Noted for being a strategic minded player, Trihey had two lasting impacts on the sport. Firstly, he was the first known player to plan advance forward line strategies rather than improvising on the ice. Secondly, reversing the accustomed practice of defencemen flipping the puck into the air and over their opponents' heads, Trihey insisted that they rush the puck up the ice, passing the puck off as the situation warranted. These innovations are regarded as having been crucial to the Shamrocks' success during Trihey's tenure and were widely adopted thereafter. He was also a strong proponent of physical conditioning and diet, unusual to the era. Even after his retirement, he continued to proffer advice on how best to play the game.

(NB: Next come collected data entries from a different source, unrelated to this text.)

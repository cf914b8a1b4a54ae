//! Checks accesses and makes statements of them: literals that fit, and indices in the block.

ghost use Rattle.std.specs.Prelude.{◌≡◌, Ok, Err, if◌then◌else◌};
ghost use Rattle.lit_syntax.specs.Syntax.{fits_window, is_in_block};
ghost use Rattle.lit_syntax.specs.Litmus.{window_of};
ghost use Rattle.lit_read.specs.Internal.State.{checked_statement};
ghost use Rattle.lit_read.specs.Internal.Views.{access_view, result_statement};

use crate::fault::ReadKind;
use crate::forms::Access;
use lit_syntax::{Stmt, View};

/// Whether the number is one that the view can write.
fn fits(view: View, value: u64) -> bool
    ensures { result ≡ fits_window (window_of view) value }
{
    match view {
        View::U8 | View::D8 => value < 256,
        View::U16 | View::D16 => value < 65_536,
        View::U32 | View::D32 => value < 4_294_967_296,
    }
}

/// The number, if it is one that the view can write.
#[tactic(auto, using(crate::proofs::DraftLemmas::fitting_small))]
fn literal_of(view: View, value: u64) -> Result<u32, ReadKind>
    ensures { result ≡ (if fits_window (window_of view) value then Ok value else Err ReadKind.LiteralRange) }
{
    if fits(view, value) {
        Ok(value as u32)
    } else {
        Err(ReadKind::LiteralRange)
    }
}

/// Whether the whole access lies in the block.
fn is_in_block(bytes: u8, view: View, index: u64) -> bool
    ensures { result ≡ is_in_block bytes (window_of view) index }
{
    let bytes = bytes as u64;
    match view {
        View::U8 => index < bytes,
        View::U16 => index < bytes / 2,
        View::U32 => index < bytes / 4,
        View::D8 => index < bytes,
        View::D16 => bytes >= 2 && index <= bytes - 2,
        View::D32 => bytes >= 4 && index <= bytes - 4,
    }
}

/// The index, if the whole access lies in the block.
#[tactic(auto, using(crate::proofs::DraftLemmas::in_block_small))]
fn index_in(bytes: u8, view: View, index: u64) -> Result<u8, ReadKind>
    ensures { result ≡ (if is_in_block bytes (window_of view) index then Ok index else Err ReadKind.OutOfBlock) }
{
    if is_in_block(bytes, view, index) {
        Ok(index as u8)
    } else {
        Err(ReadKind::OutOfBlock)
    }
}

/// The access as a statement, if its literals fit and it lies in the block.
pub fn checked_access(bytes: u8, access: Access) -> Result<Stmt, ReadKind>
    ensures { result_statement result ≡ checked_statement bytes (access_view access) }
{
    match access {
        Access::Load {
            reg,
            view,
            index,
            atomic,
        } => Ok(Stmt::Load {
            reg,
            view,
            index: index_in(bytes, view, index)?,
            atomic,
        }),
        Access::Store {
            view,
            index,
            value,
            atomic,
        } => Ok(Stmt::Store {
            view,
            value: literal_of(view, value)?,
            index: index_in(bytes, view, index)?,
            atomic,
        }),
        Access::Exchange {
            reg,
            view,
            index,
            value,
        } => Ok(Stmt::Exchange {
            reg,
            view,
            value: literal_of(view, value)?,
            index: index_in(bytes, view, index)?,
        }),
        Access::CompareExchange {
            reg,
            view,
            index,
            expected,
            value,
        } => Ok(Stmt::CompareExchange {
            reg,
            view,
            expected: literal_of(view, expected)?,
            value: literal_of(view, value)?,
            index: index_in(bytes, view, index)?,
        }),
    }
}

Trihey served as secretary-treasurer and president of the CAHL following his retirement as a player until 1904, as well as developing a successful law practice. He also served as a referee both for league and Stanley Cup play and sat on the advisory board of the Montreal Wanderers Hockey Club. During World War I, he was a lieutenant colonel first commanding the newly raised 55th Regiment, The Irish Canadian Rangers in the Canadian Militia and soon after the 199th Battalion Irish Canadian Rangers of the Canadian Expeditionary Force. Trihey resigned his commission and returned to Montreal in 1917 after the British army reversed its earlier promise to send the Rangers into battle as a discrete unit, instead choosing to plug them into the front line as reinforcements, and in the wake of unrest over the Easter Rising in Ireland in 1916. Later in life, he was a partner in the law firm of Plimsoll and Coonan from the 1920s to 1932, and served as a Port Commissioner of the Montreal Harbor Commission.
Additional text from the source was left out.